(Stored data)
******************************

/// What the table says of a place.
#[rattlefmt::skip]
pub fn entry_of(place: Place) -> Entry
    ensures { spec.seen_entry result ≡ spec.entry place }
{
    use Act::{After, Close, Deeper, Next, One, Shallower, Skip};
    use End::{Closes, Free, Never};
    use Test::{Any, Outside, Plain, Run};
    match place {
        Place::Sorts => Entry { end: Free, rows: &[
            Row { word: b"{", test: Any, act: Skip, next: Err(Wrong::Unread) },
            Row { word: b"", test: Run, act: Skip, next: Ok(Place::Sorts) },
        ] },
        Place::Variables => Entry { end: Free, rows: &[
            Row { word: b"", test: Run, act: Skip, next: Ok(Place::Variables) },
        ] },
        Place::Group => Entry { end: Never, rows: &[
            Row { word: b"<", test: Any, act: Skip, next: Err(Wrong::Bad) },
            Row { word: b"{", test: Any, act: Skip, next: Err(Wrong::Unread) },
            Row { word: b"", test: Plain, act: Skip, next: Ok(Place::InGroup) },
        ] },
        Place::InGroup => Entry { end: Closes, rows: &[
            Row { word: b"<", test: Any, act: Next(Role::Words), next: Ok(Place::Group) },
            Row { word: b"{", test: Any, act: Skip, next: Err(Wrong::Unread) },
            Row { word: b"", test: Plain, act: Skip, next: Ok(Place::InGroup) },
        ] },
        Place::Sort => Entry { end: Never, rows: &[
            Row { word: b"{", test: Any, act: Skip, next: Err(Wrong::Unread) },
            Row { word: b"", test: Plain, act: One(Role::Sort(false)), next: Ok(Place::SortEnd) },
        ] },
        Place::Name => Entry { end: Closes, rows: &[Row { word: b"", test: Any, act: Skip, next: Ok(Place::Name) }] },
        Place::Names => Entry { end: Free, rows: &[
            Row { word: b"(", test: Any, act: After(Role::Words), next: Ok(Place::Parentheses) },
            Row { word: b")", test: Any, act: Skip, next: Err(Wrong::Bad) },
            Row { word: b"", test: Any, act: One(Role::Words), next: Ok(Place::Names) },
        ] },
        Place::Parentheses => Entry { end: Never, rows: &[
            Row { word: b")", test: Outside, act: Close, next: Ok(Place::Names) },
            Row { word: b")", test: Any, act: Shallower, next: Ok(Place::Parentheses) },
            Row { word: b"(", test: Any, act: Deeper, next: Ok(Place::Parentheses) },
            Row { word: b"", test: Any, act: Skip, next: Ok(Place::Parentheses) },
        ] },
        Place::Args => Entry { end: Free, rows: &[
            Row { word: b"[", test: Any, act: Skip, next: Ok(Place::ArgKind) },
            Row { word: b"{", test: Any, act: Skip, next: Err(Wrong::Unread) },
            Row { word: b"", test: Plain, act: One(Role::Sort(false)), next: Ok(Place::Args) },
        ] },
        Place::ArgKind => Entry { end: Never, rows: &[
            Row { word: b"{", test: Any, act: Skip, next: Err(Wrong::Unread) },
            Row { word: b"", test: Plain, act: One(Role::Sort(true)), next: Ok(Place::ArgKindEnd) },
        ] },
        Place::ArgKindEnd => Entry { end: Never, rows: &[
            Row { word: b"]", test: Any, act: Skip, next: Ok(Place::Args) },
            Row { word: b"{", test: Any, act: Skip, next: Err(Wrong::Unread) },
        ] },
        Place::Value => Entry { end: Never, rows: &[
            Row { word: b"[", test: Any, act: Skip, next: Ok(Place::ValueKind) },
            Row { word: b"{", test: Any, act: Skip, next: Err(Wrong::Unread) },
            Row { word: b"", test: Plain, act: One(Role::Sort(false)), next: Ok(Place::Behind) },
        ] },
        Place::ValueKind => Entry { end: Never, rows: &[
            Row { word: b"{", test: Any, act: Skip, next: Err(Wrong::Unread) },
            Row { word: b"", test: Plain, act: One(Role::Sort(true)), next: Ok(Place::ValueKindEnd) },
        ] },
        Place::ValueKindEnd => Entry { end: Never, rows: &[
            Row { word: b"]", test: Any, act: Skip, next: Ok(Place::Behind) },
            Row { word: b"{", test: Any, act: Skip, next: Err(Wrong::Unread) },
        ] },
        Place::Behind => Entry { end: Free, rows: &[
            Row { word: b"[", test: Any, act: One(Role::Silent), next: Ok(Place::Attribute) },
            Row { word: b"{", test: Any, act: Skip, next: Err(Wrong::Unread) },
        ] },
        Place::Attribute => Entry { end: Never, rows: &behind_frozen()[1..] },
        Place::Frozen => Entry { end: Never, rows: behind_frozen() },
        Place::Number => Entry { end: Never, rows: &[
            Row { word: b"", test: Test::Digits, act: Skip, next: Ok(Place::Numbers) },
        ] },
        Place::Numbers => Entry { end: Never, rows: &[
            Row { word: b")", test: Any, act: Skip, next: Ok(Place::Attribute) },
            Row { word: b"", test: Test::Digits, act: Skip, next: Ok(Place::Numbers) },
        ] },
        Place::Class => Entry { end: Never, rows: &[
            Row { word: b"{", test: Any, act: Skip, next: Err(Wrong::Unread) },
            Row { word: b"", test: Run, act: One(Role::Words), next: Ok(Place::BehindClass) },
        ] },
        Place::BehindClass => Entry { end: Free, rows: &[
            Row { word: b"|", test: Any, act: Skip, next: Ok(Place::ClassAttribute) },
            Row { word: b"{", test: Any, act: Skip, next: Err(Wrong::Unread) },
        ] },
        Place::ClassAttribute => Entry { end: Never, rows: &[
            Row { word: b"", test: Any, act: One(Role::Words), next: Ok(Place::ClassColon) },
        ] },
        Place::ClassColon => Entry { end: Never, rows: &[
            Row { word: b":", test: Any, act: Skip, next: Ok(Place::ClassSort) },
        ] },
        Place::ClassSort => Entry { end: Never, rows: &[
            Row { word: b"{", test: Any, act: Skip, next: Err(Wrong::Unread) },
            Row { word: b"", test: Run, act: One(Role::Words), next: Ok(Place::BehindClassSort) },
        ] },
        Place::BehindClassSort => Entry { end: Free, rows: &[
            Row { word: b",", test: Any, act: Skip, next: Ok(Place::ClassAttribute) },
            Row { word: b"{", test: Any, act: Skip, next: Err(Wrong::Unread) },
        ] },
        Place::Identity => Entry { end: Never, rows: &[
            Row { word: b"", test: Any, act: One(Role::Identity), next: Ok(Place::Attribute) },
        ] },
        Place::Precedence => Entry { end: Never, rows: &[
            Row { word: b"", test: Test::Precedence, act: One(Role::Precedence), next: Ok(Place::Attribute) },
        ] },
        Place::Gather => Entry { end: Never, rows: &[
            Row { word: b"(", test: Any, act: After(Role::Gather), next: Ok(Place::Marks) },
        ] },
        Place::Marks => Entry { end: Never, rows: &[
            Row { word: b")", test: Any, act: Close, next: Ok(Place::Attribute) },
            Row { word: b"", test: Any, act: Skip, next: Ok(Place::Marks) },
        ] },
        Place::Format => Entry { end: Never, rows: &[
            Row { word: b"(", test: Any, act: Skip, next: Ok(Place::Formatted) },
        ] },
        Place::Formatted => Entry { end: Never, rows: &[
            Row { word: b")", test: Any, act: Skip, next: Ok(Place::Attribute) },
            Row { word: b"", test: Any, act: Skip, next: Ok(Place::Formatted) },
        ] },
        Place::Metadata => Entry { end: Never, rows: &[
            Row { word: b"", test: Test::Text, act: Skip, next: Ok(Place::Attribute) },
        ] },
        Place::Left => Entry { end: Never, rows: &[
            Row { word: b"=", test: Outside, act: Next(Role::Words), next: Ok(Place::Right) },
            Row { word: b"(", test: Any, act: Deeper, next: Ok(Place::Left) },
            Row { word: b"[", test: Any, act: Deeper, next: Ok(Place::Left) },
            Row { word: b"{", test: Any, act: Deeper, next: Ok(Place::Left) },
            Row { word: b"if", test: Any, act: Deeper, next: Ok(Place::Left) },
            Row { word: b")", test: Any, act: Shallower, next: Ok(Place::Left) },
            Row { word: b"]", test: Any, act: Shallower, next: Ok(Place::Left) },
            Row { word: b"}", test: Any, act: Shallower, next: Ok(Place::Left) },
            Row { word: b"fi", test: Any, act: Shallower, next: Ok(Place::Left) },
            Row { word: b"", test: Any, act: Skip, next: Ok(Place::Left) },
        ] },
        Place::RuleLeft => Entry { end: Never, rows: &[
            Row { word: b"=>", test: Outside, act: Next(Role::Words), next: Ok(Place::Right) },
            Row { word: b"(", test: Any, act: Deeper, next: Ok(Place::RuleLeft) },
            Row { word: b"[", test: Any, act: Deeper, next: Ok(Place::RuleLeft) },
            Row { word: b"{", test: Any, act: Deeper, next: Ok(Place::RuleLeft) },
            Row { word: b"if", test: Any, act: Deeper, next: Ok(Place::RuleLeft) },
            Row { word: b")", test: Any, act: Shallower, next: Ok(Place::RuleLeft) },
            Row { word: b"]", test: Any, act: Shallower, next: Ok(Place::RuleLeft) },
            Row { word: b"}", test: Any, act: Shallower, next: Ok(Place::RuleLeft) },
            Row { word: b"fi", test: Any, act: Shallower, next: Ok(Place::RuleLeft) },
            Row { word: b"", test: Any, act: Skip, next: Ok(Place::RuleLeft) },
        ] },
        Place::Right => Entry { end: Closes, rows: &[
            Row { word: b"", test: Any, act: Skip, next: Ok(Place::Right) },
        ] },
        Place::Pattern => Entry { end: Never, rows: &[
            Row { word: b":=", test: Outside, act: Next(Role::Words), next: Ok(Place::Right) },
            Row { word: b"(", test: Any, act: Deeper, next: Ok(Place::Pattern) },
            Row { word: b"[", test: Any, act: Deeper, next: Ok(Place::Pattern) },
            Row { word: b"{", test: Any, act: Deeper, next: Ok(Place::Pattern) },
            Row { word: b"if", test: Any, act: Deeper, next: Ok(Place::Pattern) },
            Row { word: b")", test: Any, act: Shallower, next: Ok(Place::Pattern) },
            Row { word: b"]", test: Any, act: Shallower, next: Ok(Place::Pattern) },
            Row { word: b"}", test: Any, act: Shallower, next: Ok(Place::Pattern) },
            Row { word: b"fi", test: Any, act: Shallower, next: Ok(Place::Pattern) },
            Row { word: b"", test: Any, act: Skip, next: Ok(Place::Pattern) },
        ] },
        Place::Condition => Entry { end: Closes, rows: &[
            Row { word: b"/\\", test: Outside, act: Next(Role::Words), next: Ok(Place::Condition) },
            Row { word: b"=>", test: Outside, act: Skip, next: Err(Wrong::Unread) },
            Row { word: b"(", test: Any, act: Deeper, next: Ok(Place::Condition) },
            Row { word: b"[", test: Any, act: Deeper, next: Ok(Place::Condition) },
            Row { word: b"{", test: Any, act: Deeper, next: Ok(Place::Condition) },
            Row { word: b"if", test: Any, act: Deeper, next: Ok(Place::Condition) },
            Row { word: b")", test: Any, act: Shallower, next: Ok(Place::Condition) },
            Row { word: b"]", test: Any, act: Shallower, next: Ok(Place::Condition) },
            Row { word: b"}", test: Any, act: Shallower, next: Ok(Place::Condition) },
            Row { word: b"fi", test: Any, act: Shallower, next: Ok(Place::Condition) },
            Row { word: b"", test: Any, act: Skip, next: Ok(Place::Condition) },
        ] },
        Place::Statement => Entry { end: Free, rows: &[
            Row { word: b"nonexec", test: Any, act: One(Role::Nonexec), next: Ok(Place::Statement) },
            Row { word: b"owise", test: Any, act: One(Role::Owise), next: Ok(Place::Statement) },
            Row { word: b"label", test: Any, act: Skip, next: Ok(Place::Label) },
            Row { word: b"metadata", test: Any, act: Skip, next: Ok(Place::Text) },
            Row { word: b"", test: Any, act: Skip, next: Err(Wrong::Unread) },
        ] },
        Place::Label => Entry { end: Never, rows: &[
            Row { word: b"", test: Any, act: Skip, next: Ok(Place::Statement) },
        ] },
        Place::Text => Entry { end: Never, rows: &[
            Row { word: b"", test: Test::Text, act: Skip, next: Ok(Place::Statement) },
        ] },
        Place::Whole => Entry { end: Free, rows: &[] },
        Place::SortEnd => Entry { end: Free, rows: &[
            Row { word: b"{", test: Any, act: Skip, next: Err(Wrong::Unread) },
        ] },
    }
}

******************************

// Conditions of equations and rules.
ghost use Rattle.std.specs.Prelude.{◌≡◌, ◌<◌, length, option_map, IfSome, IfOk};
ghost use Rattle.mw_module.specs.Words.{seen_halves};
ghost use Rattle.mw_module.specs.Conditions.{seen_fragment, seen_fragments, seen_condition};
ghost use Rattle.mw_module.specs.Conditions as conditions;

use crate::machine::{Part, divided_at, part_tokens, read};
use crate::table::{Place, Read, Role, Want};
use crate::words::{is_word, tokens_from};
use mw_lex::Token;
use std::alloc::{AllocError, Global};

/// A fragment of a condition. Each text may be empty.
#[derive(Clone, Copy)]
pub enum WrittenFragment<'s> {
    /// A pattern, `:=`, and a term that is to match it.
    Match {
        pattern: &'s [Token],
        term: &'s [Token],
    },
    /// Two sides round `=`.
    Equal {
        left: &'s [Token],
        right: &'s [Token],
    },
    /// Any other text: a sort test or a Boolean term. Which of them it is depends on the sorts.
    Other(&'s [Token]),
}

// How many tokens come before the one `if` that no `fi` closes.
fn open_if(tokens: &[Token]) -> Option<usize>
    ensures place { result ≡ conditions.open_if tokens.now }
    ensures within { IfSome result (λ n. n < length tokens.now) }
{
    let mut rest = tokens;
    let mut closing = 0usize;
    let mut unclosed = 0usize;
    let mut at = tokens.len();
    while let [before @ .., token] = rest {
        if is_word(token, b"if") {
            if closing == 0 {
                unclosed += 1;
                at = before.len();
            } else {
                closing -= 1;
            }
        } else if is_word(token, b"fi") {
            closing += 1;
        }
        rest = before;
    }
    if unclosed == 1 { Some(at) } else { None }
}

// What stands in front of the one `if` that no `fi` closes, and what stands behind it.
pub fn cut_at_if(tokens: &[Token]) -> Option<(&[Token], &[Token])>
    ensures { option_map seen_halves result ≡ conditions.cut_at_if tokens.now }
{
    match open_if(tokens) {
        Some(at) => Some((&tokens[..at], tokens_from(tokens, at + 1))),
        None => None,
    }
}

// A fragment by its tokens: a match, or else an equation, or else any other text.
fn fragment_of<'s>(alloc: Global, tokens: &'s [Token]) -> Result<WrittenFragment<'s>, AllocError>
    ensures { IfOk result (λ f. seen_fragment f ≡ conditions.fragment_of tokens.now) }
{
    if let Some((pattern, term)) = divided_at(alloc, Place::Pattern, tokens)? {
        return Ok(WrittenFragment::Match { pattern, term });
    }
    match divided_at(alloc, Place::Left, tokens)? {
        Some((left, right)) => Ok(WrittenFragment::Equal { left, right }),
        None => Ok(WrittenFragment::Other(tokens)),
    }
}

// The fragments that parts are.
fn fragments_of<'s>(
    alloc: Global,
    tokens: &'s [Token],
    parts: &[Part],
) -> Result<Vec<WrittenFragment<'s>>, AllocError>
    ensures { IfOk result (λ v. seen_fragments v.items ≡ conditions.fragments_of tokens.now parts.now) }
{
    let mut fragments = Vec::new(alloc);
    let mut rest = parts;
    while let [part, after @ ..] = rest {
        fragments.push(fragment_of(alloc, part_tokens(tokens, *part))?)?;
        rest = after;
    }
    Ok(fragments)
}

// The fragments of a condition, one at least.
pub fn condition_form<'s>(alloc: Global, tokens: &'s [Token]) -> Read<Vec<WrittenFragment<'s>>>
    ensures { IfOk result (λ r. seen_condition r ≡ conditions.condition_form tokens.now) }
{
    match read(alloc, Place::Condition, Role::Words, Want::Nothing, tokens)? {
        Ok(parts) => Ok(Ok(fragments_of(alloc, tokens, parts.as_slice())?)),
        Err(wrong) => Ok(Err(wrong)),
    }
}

******************************

- **Instructions to follow**:
Copy out all lines from the records where the word "AllocError" appears.

- **Written response**:
use std::alloc::{AllocError, Global};
fn fragment_of<'s>(alloc: Global, tokens: &'s [Token]) -> Result<WrittenFragment<'s>, AllocError>
) -> Result<Vec<WrittenFragment<'s>>, AllocError>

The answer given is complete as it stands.